3. Rethink interfaces around multimodal interaction

AI gets incorporated into applications as a chatbot bolted onto a SaaS platform, or as a standalone chat interface. Both force users into a single modality when human communication adapts to context.

Input should match the friction: voice for speed and context, video for demonstration, text for precision, GUI for constraints. Output should match complexity: a sentence when the answer is simple, a generated interface when the result requires interaction, an approval card when the system already knows what to do.

This is generative UI: the interface is constructed based on intent, context, and the response. The AI builds the optimal interface for the specific task at hand.

4. Build memory that learns vertical-specific patterns

Most products treat memory as a nice-to-have: saved preferences and conversation history. AI-native products treat memory as the engine.

When memory is designed well, context compounds. Each input becomes more valuable. Prior context helps interpret it, and storing it well makes every future task smarter. Once the memory architecture is right, the bottleneck shifts. You’re no longer bound by what the agent can do — you’re bound by what it gets exposed to.

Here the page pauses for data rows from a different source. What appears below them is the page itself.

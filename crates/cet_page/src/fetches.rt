//! The fetch of an instruction.

ghost use Rattle.std.specs.Prelude.{◌≡◌, ℕ, ◌+◌, ◌^◌, ◌<◌, ◌≤◌, List, take, length, Some, IfSome};
ghost use Rattle.cet_words.specs.Layout.{image_end};
ghost use Rattle.cet_words.specs.Bytes.{code_byte, segment_byte};
ghost use Rattle.cet_words.specs.declared.images.Segment.{Segment};
ghost use Rattle.std.specs.Fn.{FnOnceReturnsAt};
ghost use Rattle.cet_page.specs.Script.{play};
ghost use Rattle.cet_page.specs.Plays.{Suspends};
ghost use Rattle.cet_page.specs.declared.finishes.Finish.{Finish};
ghost use Rattle.cet_page.specs.Fetch.{HoldsCode, fetchable, missing};
ghost use Rattle.cet_page.specs.Row.{next_address};
ghost use Rattle.cet_isa.specs.Reading.{decoded, read_length};

use crate::checks::{Kind, Who, page_fault};
use crate::cursors::{Cursor, Suspended};
use cet_isa::Arch;
use cet_words::{Access, Image, Job, Segment, code_byte, page_of, segment_at, segment_byte};

/// The segment of so many bytes of code from an address on, where they lie in one page.
#[tactic(auto, using(crate::proofs::Runs::page_holds))]
fn code_page(image: &Image, addr: u64, count: usize) -> Option<&Segment>
    requires { count ≤ 15 }
    ensures holds { IfSome result (λ segment. HoldsCode image.now.segments segment.now addr count) }
    ensures range { IfSome result (λ segment. addr + count ≤ image_end) }
{
    let segment = segment_at(image, addr / 4096)?;
    if !segment.exec || addr % 4096 + count as u64 > 4096 {
        return None;
    }
    Some(segment)
}

/// So many bytes of a segment from an address on, where they are in its file.
#[tactic(auto, using(crate::proofs::Runs::run_is))]
fn file_run(segment: &Segment, addr: u64, count: usize) -> Option<&[u8]>
    requires { count ≤ 15 }
    ensures bytes { IfSome result (λ bytes. (segments : List Segment) → HoldsCode segments segment.now addr count → bytes.now ≡ fetchable segments addr count) }
    ensures length { IfSome result (λ bytes. length bytes.now ≡ count) }
{
    if addr < segment.start {
        return None;
    }
    let at = (addr - segment.start) as usize;
    let bytes = segment.bytes.as_slice();
    if at > bytes.len() || count > bytes.len() - at {
        return None;
    }
    Some(&bytes[at..at + count])
}

/// The byte of code at an address, by its segment where that is known.
fn byte_of(image: &Image, page: Option<&Segment>, addr: u64) -> Option<u8>
    requires { IfSome page (λ segment. (code_byte image.now.segments addr ≡ Some (segment_byte segment.now addr)) × (addr < image_end)) }
    ensures byte { result ≡ code_byte image.now.segments addr }
    ensures range { IfSome result (λ byte. addr < image_end) }
{
    match page {
        Some(segment) => Some(segment_byte(segment, addr)),
        None => code_byte(image, addr),
    }
}

fn fetch_each(image: &Image, page: Option<&Segment>, addr: u64, buffer: &mut [u8]) -> usize
    requires length { length buffer.old ≤ 15 }
    requires page { IfSome page (λ segment. HoldsCode image.now.segments segment.now addr (length buffer.old)) }
    ensures bytes { take result buffer.new ≡ fetchable image.now.segments addr (length buffer.old) }
    ensures within { result ≤ length buffer.old }
    ensures room { addr + result < 2 ^ 64 }
{
    for at in 0..buffer.len() {
        let Some(byte) = byte_of(image, page, addr + at as u64) else {
            return at;
        };
        buffer[at] = byte;
    }
    buffer.len()
}

/// Puts the bytes that can be fetched at an address into the buffer, as many as it has room for; the
/// answer is their number.
pub fn fetch(image: &Image, addr: u64, buffer: &mut [u8]) -> usize
    requires { length buffer.old ≤ 15 }
    ensures bytes { take result buffer.new ≡ fetchable image.now.segments addr (length buffer.old) }
    ensures within { result ≤ length buffer.old }
    ensures room { addr + result < 2 ^ 64 }
{
    let Some(segment) = code_page(image, addr, buffer.len()) else {
        return fetch_each(image, None, addr, buffer);
    };
    let Some(bytes) = file_run(segment, addr, buffer.len()) else {
        return fetch_each(image, Some(segment), addr, buffer);
    };
    buffer.copy_from_slice(bytes);
    buffer.len()
}

/// The page fault of a fetch at an address whose byte can't be fetched, after a look at its page.
#[tactic(auto, using(crate::proofs::ScriptLaws::play_bind), unfolding(crate::specs::Fetch::missing))]
pub fn missing(addr: u64, at: &mut Cursor) -> Suspended
    ensures { Suspends (play (missing {A = Finish} addr) at.old.left at.old.rest.now) result }
{
    let Some(page) = page_of(addr) else {
        return Suspended::Fault(page_fault(0, Kind::Fetch, Who::User, addr));
    };
    match at.ask(Access::Look(page)) {
        Ok(entry) => Suspended::Fault(page_fault(entry, Kind::Fetch, Who::User, addr)),
        Err(stop) => stop,
    }
}

/// The address after the instruction at RIP; RIP itself where no instruction is there. The decoder stands
/// beside this crate: `length` tells how many of the bytes at RIP are the instruction, 0 for none.
pub fn next_address<F: FnOnce(&[u8]) -> u8>(job: &Job, arch: &Arch, length: F) -> u64
    requires callable { (bytes : _) → F.pre length bytes }
    requires tells { (bytes : List ℕ) (count : ℕ) → FnOnceReturnsAt F.FnOnce length bytes count → count ≡ read_length (decoded bytes) }
    ensures { result ≡ next_address job.now arch.now }
{
    let mut buffer = [0u8; 15];
    let fetched = fetch(job.image, arch.rip, &mut buffer);
    arch.rip.wrapping_add(u64::from(length(&buffer[..fetched])))
}
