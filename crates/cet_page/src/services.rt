//! What a service of the kernel leaves that returns to the thread.

ghost use Rattle.std.specs.Prelude.{◌≡◌, ◌-◌, ◌^◌, ◌<◌, ◌≤◌};
ghost use Rattle.cet_page.specs.Gate.{error_number, failed, served, sys_record, serve};

use crate::finishes::Leaving;
use cet_isa::{Arch, R11, RAX, RCX, Record, What};

/// SYSCALL is `0F 05`.
pub const SYSCALL_LENGTH: u64 = 2;

/// The errors of services, by Linux's names (include/uapi/asm-generic/errno.h).
#[derive(Clone, Copy, Debug, PartialEq, Eq)]
pub enum Errno {
    /// EPERM, 1.
    Perm,
    /// ESRCH, 3.
    Srch,
    /// EBADF, 9.
    BadF,
    /// EAGAIN, 11.
    Again,
    /// ENOMEM, 12.
    NoMem,
    /// EFAULT, 14.
    Fault,
    /// EEXIST, 17.
    Exist,
    /// EINVAL, 22.
    Inval,
    /// ENOSPC, 28.
    NoSpc,
    /// ERANGE, 34.
    Range,
    /// ENOSYS, 38.
    NoSys,
    /// EOVERFLOW, 75.
    Overflow,
}

fn error_number(error: Errno) -> u64
    ensures number { result ≡ error_number error }
    ensures low { 0 < result }
    ensures high { result < 128 }
{
    match error {
        Errno::Perm => 1,
        Errno::Srch => 3,
        Errno::BadF => 9,
        Errno::Again => 11,
        Errno::NoMem => 12,
        Errno::Fault => 14,
        Errno::Exist => 17,
        Errno::Inval => 22,
        Errno::NoSpc => 28,
        Errno::Range => 34,
        Errno::NoSys => 38,
        Errno::Overflow => 75,
    }
}

/// The record of a service with this result.
pub fn sys_record(arch: &Arch, value: u64) -> Record
    ensures { result ≡ sys_record arch.now value }
{
    Record {
        rip: arch.rip,
        what: What::Sys,
        code: 0,
        a: arch.regs[RAX],
        b: value,
    }
}

/// The state after a kernel call that goes back to the instruction after SYSCALL.
pub fn served(arch: &Arch, value: u64) -> Arch
    requires { arch.now.count < 2 ^ 32 - 1 }
    ensures { result ≡ served arch.now value }
{
    let next = arch.rip.wrapping_add(SYSCALL_LENGTH);
    let mut after = *arch;
    after.regs[RCX] = next;
    after.regs[R11] = arch.flags;
    after.regs[RAX] = value;
    after.rip = next;
    after.count = arch.count + 1;
    after
}

/// A service that returns this result.
pub fn serve(arch: &Arch, value: u64) -> (Arch, Record, Leaving)
    requires { arch.now.count < 2 ^ 32 - 1 }
    ensures { result ≡ serve arch.now value }
{
    (served(arch, value), sys_record(arch, value), Leaving::Back)
}

/// A service that returns an error: minus its number.
pub fn failed(arch: &Arch, error: Errno) -> (Arch, Record, Leaving)
    requires { arch.now.count < 2 ^ 32 - 1 }
    ensures { result ≡ failed arch.now error }
{
    serve(arch, u64::MAX - error_number(error) + 1)
}
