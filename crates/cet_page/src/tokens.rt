//! The words by which a shadow stack leads to another one or to a frame (Intel SDM volume 1, the chapter on CET,
//! and the Linux kernel's user shadow stacks). A pointer may be any 64-bit value.

ghost use Rattle.std.specs.Prelude.{◌≡◌};
ghost use Rattle.cet_page.specs.Tokens.{restore_token, restore_token_at, previous_token, is_previous_token, previous_ssp, saved_at, frame_word, is_frame_word, frame_ssp};

/// The restore token with which a shadow stack is taken again at this pointer.
pub fn restore_token(ssp: u64) -> u64
    ensures { result ≡ restore_token ssp }
{
    ssp | 1
}

/// The restore token that RSTORSSP looks for at an address.
pub fn restore_token_at(addr: u64) -> u64
    ensures { result ≡ restore_token_at addr }
{
    restore_token(addr.wrapping_add(8))
}

/// The previous-SSP token of a shadow stack that RSTORSSP leaves at this pointer.
pub fn previous_token(ssp: u64) -> u64
    ensures { result ≡ previous_token ssp }
{
    ssp | 3
}

/// Whether SAVEPREVSSP takes a word for a previous-SSP token: bit 1 is set.
pub fn is_previous_token(word: u64) -> bool
    ensures { result ≡ is_previous_token word }
{
    word / 2 % 2 == 1
}

/// The pointer of a previous-SSP token.
pub fn previous_ssp(word: u64) -> u64
    ensures { result ≡ previous_ssp word }
{
    word / 4 * 4
}

/// The address at which SAVEPREVSSP stores the restore token of a shadow stack that was left at this pointer.
pub fn saved_at(ssp: u64) -> u64
    ensures { result ≡ saved_at ssp }
{
    (ssp / 8 * 8).wrapping_sub(8)
}

/// The word of a signal frame that is pushed at this pointer.
pub fn frame_word(ssp: u64) -> u64
    ensures { result ≡ frame_word ssp }
{
    ssp | (1 << 63)
}

/// Whether rt_sigreturn takes a word for that of a signal frame: bit 63 is set.
pub fn is_frame_word(word: u64) -> bool
    ensures { result ≡ is_frame_word word }
{
    word >= 1 << 63
}

/// The pointer of a signal frame's word.
pub fn frame_ssp(word: u64) -> u64
    ensures { result ≡ frame_ssp word }
{
    word % (1 << 63)
}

This creates two design challenges. First, knowing what to capture and how to interpret it for a given industry and workflow. Second, expanding the surface area of what the agent sees. An agent that only learns from direct interactions will plateau. One that absorbs context from adjacent workflows — meetings, Slack threads, documents — compounds faster.

When you build memory well, the interface collapses. You don’t need 30 configuration options if the system remembers how you approve, what you prioritize, what you ignore, and what outcomes you care about. Memory turns software from a tool you configure into a partner that adapts.

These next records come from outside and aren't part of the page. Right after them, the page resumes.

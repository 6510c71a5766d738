#![tactic(auto)]

// Words of a lent pool: what is read and written of a page, and nothing of the tree.
ghost use Rattle.std.specs.Prelude.{◌≡◌, ◌+◌, ◌*◌, ◌-◌, ◌≤◌, ◌<◌, ◌^◌, ℕ, List, IfSome, length, get_or, set, replicate};
ghost use Rattle.std.proofs.lemmas.List.Edits.{sets};
ghost use Rattle.kdb.specs.Pool.{domains, root_at, levels_at, count_at, pages_in, good_header, GoodLength};
ghost use Rattle.kdb.specs.Calls.{L, finite};
ghost use Rattle.words.specs.Words.{word_at, page_count, form_of, opened, capacity_by, code_of, width_of, key_place, location_place, keys_of, point_location, page_or, lowest, all_zero, RecordIn, Fit};

use kdb::{Form, Refusal};
use std::marker::Model;

// The kind of a page, as its first word has it; a page with 0 there is free, and one with any other word is bad.
#[derive(Clone, Copy, Debug, PartialEq, Eq)]
pub enum Kind {
    Region = 1,
    Point = 2,
}

impl Kind {
    // The first word of such a page.
    pub fn code(self) -> u32
        ensures { result ≡ code_of self }
    {
        self as u32
    }

    // Entries a page: R or P.
    pub fn capacity(self, k: usize) -> usize
        requires { (1 ≤ k) × (k ≤ 4) }
        ensures { result ≡ capacity_by self k }
    {
        let row = match self {
            Kind::Region => 0,
            Kind::Point => 1,
        };
        CAPACITIES[row][k - 1] as usize
    }

    // Words an entry: a region with its child, or a record.
    pub fn width(self, k: usize) -> usize
        requires { k ≤ 4 }
        ensures { result ≡ width_of self k }
    {
        match self {
            Kind::Region => 2 * k + 1,
            Kind::Point => k + 1,
        }
    }
}

// Regions and points a page, by K from 1 to 4.
const CAPACITIES: [[u32; 4]; 2] = [[9, 5, 4, 3], [14, 9, 7, 5]];

// An entry of the whole space: of k domains it stands at word 4 - k.
pub const WHOLE: [u32; 9] = [0, 0, 0, 0, u32::MAX, u32::MAX, u32::MAX, u32::MAX, 0];

// The word at `at`, and 0 past the end.
pub fn get(words: &[u32], at: usize) -> usize
    ensures { (result ≡ get_or words.now at 0) × (result < 2 ^ 32) }
{
    match words.get(at) {
        Some(word) => *word as usize,
        None => 0,
    }
}

// Sets the word at `at`, if there is one.
pub fn put(words: &mut [u32], at: usize, v: usize)
    requires { v < 2 ^ 32 }
    ensures { words.new ≡ set words.old at v }
{
    if at < words.len() {
        words[at] = v as u32;
    }
}

// Word i of page j, and 0 past the end.
pub fn word(words: &[u32], j: usize, i: usize) -> usize
    requires { (j < 2 ^ 32) × (i < 2 ^ 32) }
    ensures { (result ≡ word_at words.now j i) × (result < 2 ^ 32) }
{
    get(words, 32 * j + i)
}

// The number of pages of a pool, which is 32 × N words, N 2 to 512.
pub fn page_count(words: &[u32]) -> Option<usize>
    ensures { result ≡ page_count words.now }
{
    let n = words.len() / 32;
    if (words.len() % 32 == 0) & (2 <= n) & (n <= 512) {
        Some(n)
    } else {
        None
    }
}

// The form that the length and the first word of a pool say.
pub fn form_of(words: &[u32]) -> Form
    ensures { (result ≡ form_of words.now) × (result.domains < 2 ^ 32) }
{
    Form {
        pages: words.len() / 32,
        domains: get(words, 0),
    }
}

// The words from `from` to `to` are 0.
pub fn zeros(words: &[u32], from: usize, to: usize) -> bool
    ensures { result ≡ all_zero words.now from (to - from) }
{
    let mut ok = true;
    for i in from..to.min(words.len()) {
        ok &= 0 == words[i];
    }
    ok
}

// The header of a pool, which is n pages long, is good.
pub fn good_header(words: &[u32], n: usize) -> bool
    requires { GoodLength L words.now × (n ≡ pages_in L words.now) }
    ensures { result ≡ good_header L words.now }
{
    let k = words[0] as usize;
    let root = words[2] as usize;
    let levels = words[3] as usize;
    (1 <= k)
        & (k <= 4)
        & (words[1] as usize == n)
        & (root < n)
        & (levels < n)
        & ((root == 0) == (levels == 0))
        & zeros(words, 5, 32)
}

// No word is the word that stands for ∞.
pub fn all_finite(words: &[u32]) -> bool
    ensures { result ≡ finite words.now }
{
    words.iter().all(|word| *word < u32::MAX)
}

// Copies words from the front on, as far as both go: by places, since that compiles to a loop, and the library then needs no `memcpy`.
pub fn copy(to: &mut [u32], from: &[u32])
    ensures { to.new ≡ sets to.old 0 from.now }
{
    for i in 0..to.len().min(from.len()) {
        to[i] = from[i];
    }
}

// Zeroes the words from `from` to `to`.
pub fn clear(words: &mut [u32], from: usize, to: usize)
    ensures { words.new ≡ sets words.old from (replicate (to - from) 0) }
{
    let end = to.min(words.len());
    if from < end {
        words[from..end].fill(0);
    }
}

// The page to claim: the lowest from 1 to n - 1 whose kind is 0.
pub fn lowest_free(words: &[u32], n: usize) -> Option<usize>
    requires { (1 ≤ n) × (n < 2 ^ 32) }
    ensures { (page_or n result ≡ lowest L n words.now) × IfSome result (λ j. (1 ≤ j) × (j < n)) }
{
    (1..n).find(
        |j|
            requires { j.now < 2 ^ 32 }
        { word(words, *j, 0) == 0 },
    )
}

// The domains of a form: from here on the compiler knows that they are 1 to 4.
pub fn domains_of(f: Form) -> usize
    requires { (1 ≤ f.domains) × (f.domains ≤ 4) }
    ensures { result ≡ f.domains }
{
    (f.domains - 1).min(3) + 1
}

// Where key d of the record in a slot of point page j stands: a record is its keys, then its location.
pub fn key_at(f: Form, j: usize, slot: usize, d: usize) -> usize
    requires { (f.domains ≤ 4) × (key_place f.domains j slot d < 2 ^ 64) }
    ensures { result ≡ key_place f.domains j slot d }
{
    32 * j + 4 + slot * (f.domains + 1) + d
}

// Where its location stands.
pub fn location_at(f: Form, j: usize, slot: usize) -> usize
    requires { (f.domains ≤ 4) × (location_place f.domains j slot < 2 ^ 64) }
    ensures { result ≡ location_place f.domains j slot }
{
    key_at(f, j, slot, f.domains)
}

// A pool that is lent to be read, with its form: the words in which page and entry stand lie in it.
#[derive(Drop)]
pub struct Pool<'a> {
    pub words: &'a [u32],
    pub form: Form,
}

impl<'a> Model for Pool<'a> {
    ghost Value = { List ℕ };

    ghost view = { λ p. p.words.now };

    ghost invariant = { λ p. Fit p.words.now p.form };
}

impl<'a> Pool<'a> {
    // A pool of good length with a good header; else why not.
    pub fn open(words: &'a [u32]) -> Result<Pool<'a>, Refusal>
        ensures { result ≡ opened words.now }
    {
        let n = page_count(words).ok_or(Refusal::PoolLength)?;
        if !good_header(words, n) {
            return Err(Refusal::Unsound);
        }
        Ok(Pool {
            words,
            form: form_of(words),
        })
    }

    // The pages, with the header.
    pub fn pages(&self) -> usize
        ensures { (result ≡ pages_in L self.now) × ((2 ≤ result) × (result ≤ 512)) }
    {
        self.form.pages
    }

    // The domains, which are 1 to 4.
    pub fn domains(&self) -> usize
        ensures { (result ≡ domains self.now) × ((1 ≤ result) × (result ≤ 4)) }
    {
        domains_of(self.form)
    }

    // The root's page, 0 where there is none.
    pub fn root(&self) -> usize
        ensures { (result ≡ root_at self.now) × (result < 2 ^ 32) }
    {
        let words = self.words;
        words[2] as usize
    }

    // The levels from the root down; there is room for one page behind the header.
    pub fn levels(&self) -> usize
        ensures { (result ≡ levels_at self.now) × ((result < 2 ^ 32) × (2 ≤ pages_in L self.now)) }
    {
        let words = self.words;
        words[3] as usize
    }

    // The points.
    pub fn count(&self) -> usize
        ensures { (result ≡ count_at self.now) × (result < 2 ^ 32) }
    {
        let words = self.words;
        words[4] as usize
    }

    // The word at `at`, which is one of the pool's.
    pub fn read(&self, at: usize) -> usize
        requires { at < length self.now }
        ensures { (result ≡ get_or self.now at 0) × (result < 2 ^ 32) }
    {
        let words = self.words;
        words[at] as usize
    }

    // The keys of the record in a slot of point page j.
    pub fn keys(&self, j: usize, slot: usize) -> &'a [u32]
        requires { RecordIn self.now (domains self.now) j slot }
        ensures { (result.now ≡ keys_of (domains self.now) self.now j slot) × (length result.now ≡ domains self.now) }
    {
        let words = self.words;
        let k = self.domains();
        let at = key_at(self.form, j, slot, 0);
        &words[at..at + k]
    }

    // Its location.
    pub fn location(&self, j: usize, slot: usize) -> u32
        requires { RecordIn self.now (domains self.now) j slot }
        ensures { result ≡ point_location self.now (domains self.now) j slot }
    {
        let words = self.words;
        words[location_at(self.form, j, slot)]
    }
}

Memory is also a liability. AI-native apps must get serious about permissioning, inspectability (“what does the system believe about me?”), editability (users must be able to correct memory), and audit trails.

5. Be genuinely agentic

In AI-native software, the product isn’t a set of screens. All of the buttons and drop-down menus that enable a human to execute a task are not needed. The agent can do that. The new paradigm is a continuous loop: intent, plan, execute, observe, remember, and improve. The user’s role shifts from executing a workflow via clicks to supervising the autonomous process.

Our portfolio company Superposition serves as an example of an agentic application that leverages memory and offers its solution through a multi-modal interface. The company offers an AI-native recruiting platform for engineers and sales talent at early and growth-stage companies.

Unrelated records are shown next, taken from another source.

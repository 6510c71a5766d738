#![tactic(auto)]

// The six calls for C and Rust, as include/korytanka.h has them. No call asks anything of its caller.
ghost use Rattle.std.specs.Prelude.{[], ◌∷◌, ◌≡◌};
ghost use Rattle.kdb.specs.Calls.{format, check, place, remove, find, list, Buffers, alone, working, answering, Promise};
ghost use Rattle.opening.specs.Opens.{finished_as};
ghost use Rattle.export.specs.Crossing.{crossed};

use index::{format, place, remove};
use kdb::Refusal;
use query::{check, find, list};

// A remove's number and location. In each of these a field behind the number is 0 after a refusal.
#[repr(C)]
#[derive(Clone, Copy, Debug, Default, PartialEq, Eq)]
pub struct Removal {
    pub number: u32,
    pub location: u32,
}

// A find's number, location and pages read.
#[repr(C)]
#[derive(Clone, Copy, Debug, Default, PartialEq, Eq)]
pub struct Finding {
    pub number: u32,
    pub location: u32,
    pub reads: u32,
}

// A list's number, total and pages read.
#[repr(C)]
#[derive(Clone, Copy, Debug, Default, PartialEq, Eq)]
pub struct Listing {
    pub number: u32,
    pub total: u32,
    pub reads: u32,
}

// The number of an answer without values.
fn told(a: Result<(), Refusal>) -> u32
    ensures { (b : Buffers) → crossed result [] b ≡ finished_as a b }
{
    match a {
        Ok(()) => 0,
        Err(r) => u32::from(r),
    }
}

#[unsafe(no_mangle)]
pub extern "C" fn korytanka_format(pool: &mut [u32], k: u32) -> u32
    ensures { Promise pool.old (format k) (crossed result [] (alone pool.new)) }
{
    told(format(pool, k as usize))
}

#[unsafe(no_mangle)]
pub extern "C" fn korytanka_check(pool: &[u32]) -> u32
    ensures { Promise pool.now check (crossed result [] (alone pool.now)) }
{
    told(check(pool))
}

#[unsafe(no_mangle)]
pub extern "C" fn korytanka_place(
    pool: &mut [u32],
    work: &mut [u32],
    point: &[u32],
    location: u32,
) -> u32
    ensures { Promise pool.old (place work.old point.now location) (crossed result [] (working work.new pool.new)) }
{
    told(place(pool, work, point, location))
}

#[unsafe(no_mangle)]
pub extern "C" fn korytanka_remove(pool: &mut [u32], point: &[u32]) -> Removal
    ensures { Promise pool.old (remove point.now) (crossed result.number (result.location ∷ []) (alone pool.new)) }
{
    match remove(pool, point) {
        Ok(location) => Removal {
            number: 0,
            location,
        },
        Err(r) => Removal {
            number: u32::from(r),
            ..Removal::default()
        },
    }
}

#[unsafe(no_mangle)]
pub extern "C" fn korytanka_find(pool: &[u32], point: &[u32]) -> Finding
    ensures { Promise pool.now (find point.now) (crossed result.number (result.location ∷ result.reads ∷ []) (alone pool.now)) }
{
    match find(pool, point) {
        Ok(f) => Finding {
            number: 0,
            location: f.location,
            reads: f.reads as u32,
        },
        Err(r) => Finding {
            number: u32::from(r),
            ..Finding::default()
        },
    }
}

#[unsafe(no_mangle)]
pub extern "C" fn korytanka_list(pool: &[u32], window: &[u32], answer: &mut [u32]) -> Listing
    ensures { Promise pool.now (list window.now answer.old) (crossed result.number (result.total ∷ result.reads ∷ []) (answering answer.new pool.now)) }
{
    match list(pool, window, answer) {
        Ok(l) => Listing {
            number: 0,
            total: l.total as u32,
            reads: l.reads as u32,
        },
        Err(r) => Listing {
            number: u32::from(r),
            ..Listing::default()
        },
    }
}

Gathering requirements for the job description is essential. The subtle details of the role enable Superposition to identify non-obvious but well-matched candidates. The company has trained a voice agent to converse with employers to uncover those subtleties, just like a world-class recruiter would. Once they have a job profile, the agent searches online for profiles that match it. Employers can approve or reject these profiles, refining the search criteria. After refinement, the agent continues its work, sharing interested candidates on Slack. The agent then arranges interviews with those approved by the employer and schedules them on the employer’s calendar. As candidates progress through the recruitment funnel, the employer provides feedback to the agent. This continuous interaction allows the agent to learn the employer’s specific preferences.

What does the employer see? A daily update on candidates and their status in the hiring process, along with suggested actions to approve or modify right inside the tool they already use to do their work. Edge cases are flagged for human judgment. The employer makes high-leverage decisions, and over time, the system becomes simpler because it learns what matters.

The New Litmus Test

If you’re building or evaluating AI-native products, add these questions to your checklist:

  • Can the user achieve outcomes without opening the app?
  • Does the product get simpler over time?
  • Does it safely take actions across systems with appropriate approvals?
  • Does memory change defaults in ways users can inspect and edit?
  • Could a generalist builder with Cowork replicate this in a weekend?